The Thesis
RSI Snap-Back is a mean-reversion strategy trained on the "Magnificent Seven" — AAPL, MSFT, NVDA, GOOGL, AMZN, META, and TSLA. The premise is that these names snap back sharply from short-term selling extremes. The strategy enters when RSI falls below 35 and exits when RSI climbs above 70, rotating through a maximum of four concurrent positions. The hard four-slot book cap is a deliberate risk-management constraint: no single momentum dislocation can absorb the full portfolio.
Backtest Performance
Over 451 days and 37 completed trades, RSI Snap-Back returned 20.95% in total — a 11.21% annualized CAGR — growing a $10,000 paper portfolio to $12,095. A 66.67% win rate means roughly two of every three trades closed in profit, which is a respectable hit rate for a rules-based swing strategy.

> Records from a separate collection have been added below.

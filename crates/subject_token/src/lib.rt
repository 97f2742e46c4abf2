//! What a subject token gives under a provider, or the first rule that it fails.
#![tactic(auto)]

mod source;

pub use source::{Source, read_source};
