// One task: its priorities, wait, hold, kept-back start, schedule and continuation.
#![tactic(auto)]

pub mod continuations;
pub mod turns;

use calendar::Instant;
use layout::Numbers;
use lock::Wait;
use schedule::{Alarm, Schedule};

#[derive(Clone, Copy)]
pub enum Hold {
    Unheld,
    Suspended,
    Delayed(Instant),
}

// A continuation has three parts: its alarm, the priority that it gives (0: the one current then), and whether a RESUME
// made it. The last two stand where the fields before the hold leave room, so it takes 16 bytes of a task and not 24.
#[derive(Clone, Copy)]
pub struct Task {
    pub declared: u8,
    pub current: u8,
    pub alive: bool,
    // The priority of the start that waits for the task to end, if there is one.
    pub kept: Option<u8>,
    pub wait: Wait,
    // The list that it waits on, in fixed room, and how many of it are in use.
    pub len: u8,
    pub list: Numbers,
    pub given: u8,
    pub resumed: bool,
    pub hold: Hold,
    pub schedule: Schedule,
    pub continuation: Alarm,
}

// Which of an answer's five sets have a task.
#[derive(Clone, Copy)]
pub struct Marks {
    pub due: bool,
    pub started: bool,
    pub ended: bool,
    pub lost: bool,
    pub granted: bool,
}

// No set has the task.
pub const NO_MARKS: Marks = Marks {
    due: false,
    started: false,
    ended: false,
    lost: false,
    granted: false,
};

// What happens to one task in a call.
#[derive(Clone, Copy)]
pub struct Turn {
    pub task: Task,
    pub marks: Marks,
}
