// One task's continuation: what is left with it, and what it does when it comes due.
ghost use Rattle.std.specs.Prelude.{◌≡◌, ◌≤◌};
ghost use Rattle.calendar.specs.Limits.{last_instant};
ghost use Rattle.task.specs.State.{with_continuation};
ghost use Rattle.task.specs.Continuations.{or_else, goes_on, dropped, spent, continued, continue_at, called_by};

use crate::{Hold, Task};
use calendar::Instant;
use schedule::Alarm;

// The priority given, or another where it is 0.
pub fn or_else(given: u8, other: u8) -> u8
    ensures { result ≡ or_else given other }
{
    if given == 0 { other } else { given }
}

impl Task {
    pub(crate) fn with_continuation(self, continuation: Alarm, given: u8, resumed: bool) -> Task
        ensures { result ≡ with_continuation continuation given resumed self }
    {
        Task {
            given,
            resumed,
            continuation,
            ..self
        }
    }

    // Without a continuation.
    pub(crate) fn dropped(self) -> Task
        ensures { result ≡ dropped self }
    {
        self.with_continuation(Alarm::none(), 0, false)
    }

    // Unheld, with the priority given or, at 0, the current one.
    pub(crate) fn goes_on(self, given: u8) -> Task
        ensures { result ≡ goes_on given self }
    {
        Task {
            current: or_else(given, self.current),
            hold: Hold::Unheld,
            ..self
        }
    }

    // What a due leaves: a CONTINUE's WHEN waits for its interrupt again, all others are gone.
    #[tactic(auto, unfolding(crate::specs::Continuations::spent))]
    fn spent(self) -> Task
        ensures { result ≡ spent self }
    {
        if self.continuation.plan.is_listening() & !self.resumed {
            return Task {
                continuation: self.continuation.rearmed(),
                ..self
            };
        }
        self.dropped()
    }

    // The continuation comes due: a held task goes on, with any other nothing happens.
    #[tactic(auto, unfolding(crate::specs::Continuations::continued))]
    fn continued(self) -> Task
        ensures { result ≡ continued self }
    {
        if self.hold.is_unheld() {
            return self.spent();
        }
        self.goes_on(self.given).spent()
    }

    // The continuation comes due if it falls on n.
    #[tactic(auto, unfolding(crate::specs::Continuations::continue_at))]
    pub(crate) fn continue_at(self, n: Instant) -> Task
        ensures { result ≡ continue_at n self }
    {
        if self.continuation.falls_on(n) {
            return self.continued();
        }
        self
    }

    // A trigger of interrupt i at n sets off a continuation that waits for it.
    #[tactic(auto, unfolding(crate::specs::Continuations::called_by))]
    pub(crate) fn called_by(self, i: u8, n: Instant) -> Task
        requires { n.0 ≤ last_instant }
        ensures { result ≡ called_by n i self }
    {
        if self.continuation.listens_to(i) {
            let t = Task {
                continuation: self.continuation.set_off(n),
                ..self
            };
            return t.continue_at(n);
        }
        self
    }
}
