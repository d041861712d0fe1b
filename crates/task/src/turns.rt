// One task's turn: what a due, an end, a tick or a call does to it, and which sets have it.
ghost use Rattle.std.specs.Prelude.{◌≡◌, ◌||◌, ◌≤◌};
ghost use Rattle.calendar.specs.Limits.{day_length, last_instant, most_instant};
ghost use Rattle.task.specs.State.{runnable, wait_over, wait_for, unheld, suspended, with_current, with_alive};
ghost use Rattle.schedule.specs.Alarms.{listens};
ghost use Rattle.task.specs.Turns.{unmarked, cleared, due_turn, end_turn, prevent_turn, suspend_turn, go_on_turn, delay_turn, delay_ends, wake, fall_turn, tick_turn, plan_turn, start_turn, trigger_turn, go_on_later_turn, rest_turn};

use crate::{Hold, Marks, NO_MARKS, Task, Turn};
use calendar::Instant;
use layout::Numbers;
use lock::{Wait, is_waiting};
use schedule::{Alarm, Schedule};

impl Hold {
    pub fn is_unheld(self) -> bool
        ensures { result ≡ unheld self }
    {
        matches!(self, Hold::Unheld)
    }

    pub fn is_suspended(self) -> bool
        ensures { result ≡ suspended self }
    {
        matches!(self, Hold::Suspended)
    }

    // Whether a delay ends at n.
    pub fn ends_at(self, n: Instant) -> bool
        ensures { result ≡ delay_ends n self }
    {
        matches!(self, Hold::Delayed(m) if m == n)
    }
}

impl Turn {
    // A turn that marks nothing.
    pub fn unmarked(task: Task) -> Turn
        ensures { result ≡ unmarked task }
    {
        Turn {
            task,
            marks: NO_MARKS,
        }
    }
}

impl Task {
    pub fn is_runnable(self) -> bool
        ensures { result ≡ runnable self }
    {
        self.alive & self.hold.is_unheld() & !is_waiting(self.wait)
    }

    // A wait that is over; its list is not looked at any more.
    pub fn wait_over(self) -> Task
        ensures { result ≡ wait_over self }
    {
        Task {
            wait: Wait::Nothing,
            ..self
        }
    }

    // A wait takes the whole list of the call.
    pub fn wait_for(self, wait: Wait, len: u8, list: Numbers) -> Task
        ensures { result ≡ wait_for wait len list self }
    {
        Task {
            wait,
            len,
            list,
            ..self
        }
    }

    // Started or ended with priority p: unheld, waiting for nothing, with no start kept back.
    fn reset(self, alive: bool, p: u8) -> Task
        ensures { result ≡ with_alive alive (with_current p (cleared self)) }
    {
        Task {
            current: p,
            alive,
            kept: None,
            wait: Wait::Nothing,
            hold: Hold::Unheld,
            ..self
        }
    }

    // A start with priority p falls due: it is made, kept back or lost.
    #[tactic(auto, unfolding(crate::specs::Turns::due_if))]
    pub fn due(mut self, p: u8) -> Turn
        ensures { result ≡ due_turn p self }
    {
        let mut marks = Marks {
            due: true,
            ..NO_MARKS
        };
        if !self.alive {
            marks.started = true;
            self = self.reset(true, p);
        } else if self.kept.is_none() {
            self.kept = Some(p);
        } else {
            marks.lost = true;
        }
        Turn { task: self, marks }
    }

    // The end of a task; a start kept back starts.
    #[tactic(auto, unfolding(crate::specs::Turns::end_if))]
    pub fn end(self) -> Turn
        ensures { result ≡ end_turn self }
    {
        let marks = Marks {
            started: self.kept.is_some(),
            ended: true,
            ..NO_MARKS
        };
        let task = match self.kept {
            None => self.reset(false, self.declared),
            Some(p) => self.reset(true, p),
        };
        Turn { task, marks }
    }

    // PREVENT removes schedule, continuation and the start kept back, which is lost.
    #[tactic(auto, unfolding(crate::specs::Turns::prevent_turn))]
    pub fn prevent(self) -> Turn
        ensures { result ≡ prevent_turn self }
    {
        let marks = Marks {
            lost: self.kept.is_some(),
            ..NO_MARKS
        };
        let task = Task {
            kept: None,
            schedule: Schedule::none(),
            ..self.dropped()
        };
        Turn { task, marks }
    }

    #[tactic(auto, unfolding(crate::specs::Turns::suspend_turn))]
    pub fn suspend(self) -> Turn
        ensures { result ≡ suspend_turn self }
    {
        Turn::unmarked(Task {
            hold: Hold::Suspended,
            ..self
        })
    }

    // CONTINUE, with the priority given or, at 0, the current one.
    #[tactic(auto, unfolding(crate::specs::Turns::go_on_turn))]
    pub fn go_on(self, given: u8) -> Turn
        ensures { result ≡ go_on_turn given self }
    {
        Turn::unmarked(self.goes_on(given))
    }

    // RESUME delays until n.
    #[tactic(auto, unfolding(crate::specs::Turns::delay_turn))]
    pub fn delay(self, n: Instant) -> Turn
        ensures { result ≡ delay_turn n self }
    {
        Turn::unmarked(Task {
            hold: Hold::Delayed(n),
            ..self
        })
    }

    // A task delayed until n is unheld.
    #[tactic(auto, unfolding(crate::specs::Turns::wake))]
    fn wake(self, n: Instant) -> Task
        ensures { result ≡ wake n self }
    {
        if self.hold.ends_at(n) {
            return Task {
                hold: Hold::Unheld,
                ..self
            };
        }
        self
    }

    // What of the schedule falls on n is due.
    #[tactic(auto, unfolding(crate::specs::Turns::fall_turn))]
    fn fall(self, n: Instant) -> Turn
        requires { n.0 ≤ most_instant }
        ensures { result ≡ fall_turn n self }
    {
        let s = self.schedule;
        if s.alarm.falls_on(n) {
            let t = Task {
                schedule: s.advance(n),
                ..self
            };
            return t.due(s.priority);
        }
        Turn::unmarked(self)
    }

    // A tick to n: the delay first, then the continuation, then the schedule.
    pub fn tick(self, n: Instant) -> Turn
        requires { n.0 ≤ most_instant }
        ensures { result ≡ tick_turn n self }
    {
        self.wake(n).continue_at(n).fall(n)
    }

    // A schedule, from n on.
    pub fn plan(self, s: Schedule, n: Instant) -> Turn
        requires { n.0 ≤ most_instant }
        ensures { result ≡ plan_turn n s self }
    {
        let t = Task {
            schedule: s,
            ..self
        };
        t.fall(n)
    }

    // Whether the task has a schedule or a continuation that waits for interrupt i.
    pub fn listens_to(self, i: u8) -> bool
        ensures { result ≡ (listens i self.schedule.alarm || listens i self.continuation) }
    {
        self.schedule.alarm.listens_to(i) | self.continuation.listens_to(i)
    }

    // A trigger of interrupt i at n sets off a schedule that waits for it.
    #[tactic(auto, unfolding(crate::specs::Turns::start_turn))]
    fn start_by(self, clock: u32, n: Instant, i: u8) -> Turn
        requires { n.0 ≤ last_instant }
        ensures { result ≡ start_turn day_length clock n i self }
    {
        let s = self.schedule;
        if s.alarm.listens_to(i) {
            return self.plan(s.trigger(clock, n), n);
        }
        Turn::unmarked(self)
    }

    // TRIGGER of the enabled interrupt i at n: the continuation first, then the schedule.
    pub fn trigger(self, clock: u32, n: Instant, i: u8) -> Turn
        requires { n.0 ≤ last_instant }
        ensures { result ≡ trigger_turn day_length clock n i self }
    {
        self.called_by(i, n).start_by(clock, n, i)
    }

    // CONTINUE on a schedule: a continuation, from n on.
    pub fn go_on_later(self, alarm: Alarm, given: u8, resumed: bool, n: Instant) -> Turn
        ensures { result ≡ go_on_later_turn n alarm given resumed self }
    {
        let t = self.with_continuation(alarm, given, resumed);
        Turn::unmarked(t.continue_at(n))
    }

    // RESUME on a schedule: suspended until then.
    pub fn rest(self, alarm: Alarm, n: Instant) -> Turn
        ensures { result ≡ rest_turn n alarm self }
    {
        let t = Task {
            hold: Hold::Suspended,
            ..self
        };
        t.go_on_later(alarm, 0, true, n)
    }
}
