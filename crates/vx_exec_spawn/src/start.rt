//! What the threads of a run wait on: the barrier until the last of them was started, and then each for its partners.

use std::alloc::{AllocError, Global};
use std::sync::Wait;
use std::sync::atomic::{AtomicU64, Ordering};
use std::thread::Parker;

/// Calls: `new`, then `wait` or `wait_for_partner` by each thread, and by the thread that starts them `go` or `cancel`, once.
///
/// Whether the workers may take their first steps; and what each of them sleeps on while it cannot move.
#[derive(Drop)]
pub struct Start {
    word: AtomicU64,
    // By worker number.
    parkers: Vec<Parker>,
}

impl Start {
    // It is not known yet.
    const UNKNOWN: u64 = 0;

    // All threads were started.
    const STARTED: u64 = 1;

    // Some thread could not be started.
    const CANCELLED: u64 = 2;

    /// A barrier that is closed, for `workers` workers.
    pub fn new(alloc: Global, workers: usize) -> Result<Start, AllocError> {
        let mut parkers = Vec::with_capacity(alloc, workers)?;
        for _ in 0..workers {
            parkers.push(Parker::new())?;
        }
        Ok(Start {
            word: AtomicU64::new(Start::UNKNOWN),
            parkers,
        })
    }

    /// What each worker sleeps on, by its number.
    pub fn parkers(&self) -> &[Parker] {
        self.parkers.as_slice()
    }

    /// Lets all threads go. Those that wait for a partner sleep on until one wakes them.
    pub fn go(&self) {
        self.set(Start::STARTED);
    }

    /// Lets all threads end before their first step.
    pub fn cancel(&self) {
        self.set(Start::CANCELLED);
        for parker in &self.parkers {
            parker.unpark();
        }
    }

    // A thread that waits sleeps only while the word is that of a closed barrier, so none sleeps on after this.
    fn set(&self, word: u64) {
        self.word.store(word, Ordering::SeqCst);
        self.word.wake_all();
    }

    /// Sleeps until it is known whether the run was started; returns whether it was.
    pub fn wait<T: Wait>(&self, rt: &T) -> bool {
        'looks: for _ in rt.forever() {
            let word = self.word.load(Ordering::SeqCst);
            if word != Start::UNKNOWN {
                return word == Start::STARTED;
            }
            self.word.park(rt, 0);
        }
        unreachable!()
    }

    /// As `wait`, for a worker that can do nothing before another sent it a packet: it sleeps until it is woken for one, or the run was
    /// cancelled. So the processors are left to those that begin.
    pub fn wait_for_partner<T: Wait>(&self, rt: &T, worker: usize) -> bool {
        let Some(parker) = self.parkers.get(worker) else {
            return self.wait(rt);
        };
        'looks: for _ in rt.forever() {
            let word = self.word.load(Ordering::SeqCst);
            if word != Start::UNKNOWN {
                return word == Start::STARTED;
            }
            parker.park(rt);
        }
        unreachable!()
    }
}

The risk picture is more mixed. A Sharpe ratio of 0.61 reflects real volatility relative to the gains produced; the strategy earns, but not smoothly. The maximum drawdown of 23.73% is the headline concern — a near-quarter decline in a seven-name concentrated book is a genuine test of conviction, especially when several Mag-7 names move in sympathy during broad tech sell-offs.
Turnover deserves a mention too: 773% over the backtest window reflects the rapid rotation built into mean-reversion logic. The backtest assumes $1 per trade in fees — $37 in total — which likely understates real-world friction and spread costs at higher capital levels.
Recent Activity
The live paper portfolio has held fully in cash at $10,000 across every scheduled run from June 4 through June 11 — six consecutive daily scans, zero executed trades, zero rejections.
This is the strategy functioning correctly, not failing. None of the Mag-7 names breached the RSI < 35 entry threshold during this window, so the system stayed on the sideline. In trending or bid-up market conditions, oversold signals can go unmet for extended periods. Staying in cash rather than forcing sub-optimal entries is a feature — but prolonged inactivity is a real drag on live returns and worth monitoring if it extends further.
Risks to Watch
Drawdown depth. A 23.73% peak-to-trough decline is significant for a universe of only seven names. Mean-reversion strategies can enter a falling name too early if the oversold condition deepens before recovering, turning a snap-back play into a value trap. High-beta tech in a risk-off tape is the worst environment for this setup.
No formal validation. The strategy's validation record is currently empty. Thirty-seven trades over 451 days is a workable sample, but without a walk-forward or out-of-sample test, some degree of backtest overfit cannot be ruled out. A held-out validation pass is the logical next step before increasing paper-trade size.
Concentration risk. Seven names is a narrow universe. Sector-wide shocks — regulatory action, a hawkish Fed pivot, or a cluster of weak earnings — can push multiple Mag-7 names into oversold territory simultaneously, filling all four book slots and concentrating drawdown exposure at exactly the moment correlations spike.
Bottom Line
RSI Snap-Back is a coherent, rule-based strategy with a clear edge thesis and a solid win rate. The recent inactivity reflects appropriate discipline, not a system problem. The priority improvements are a formal walk-forward validation pass and a closer look at drawdown behavior during sustained tech downturns — both of which would meaningfully strengthen the case for scaling beyond paper trading.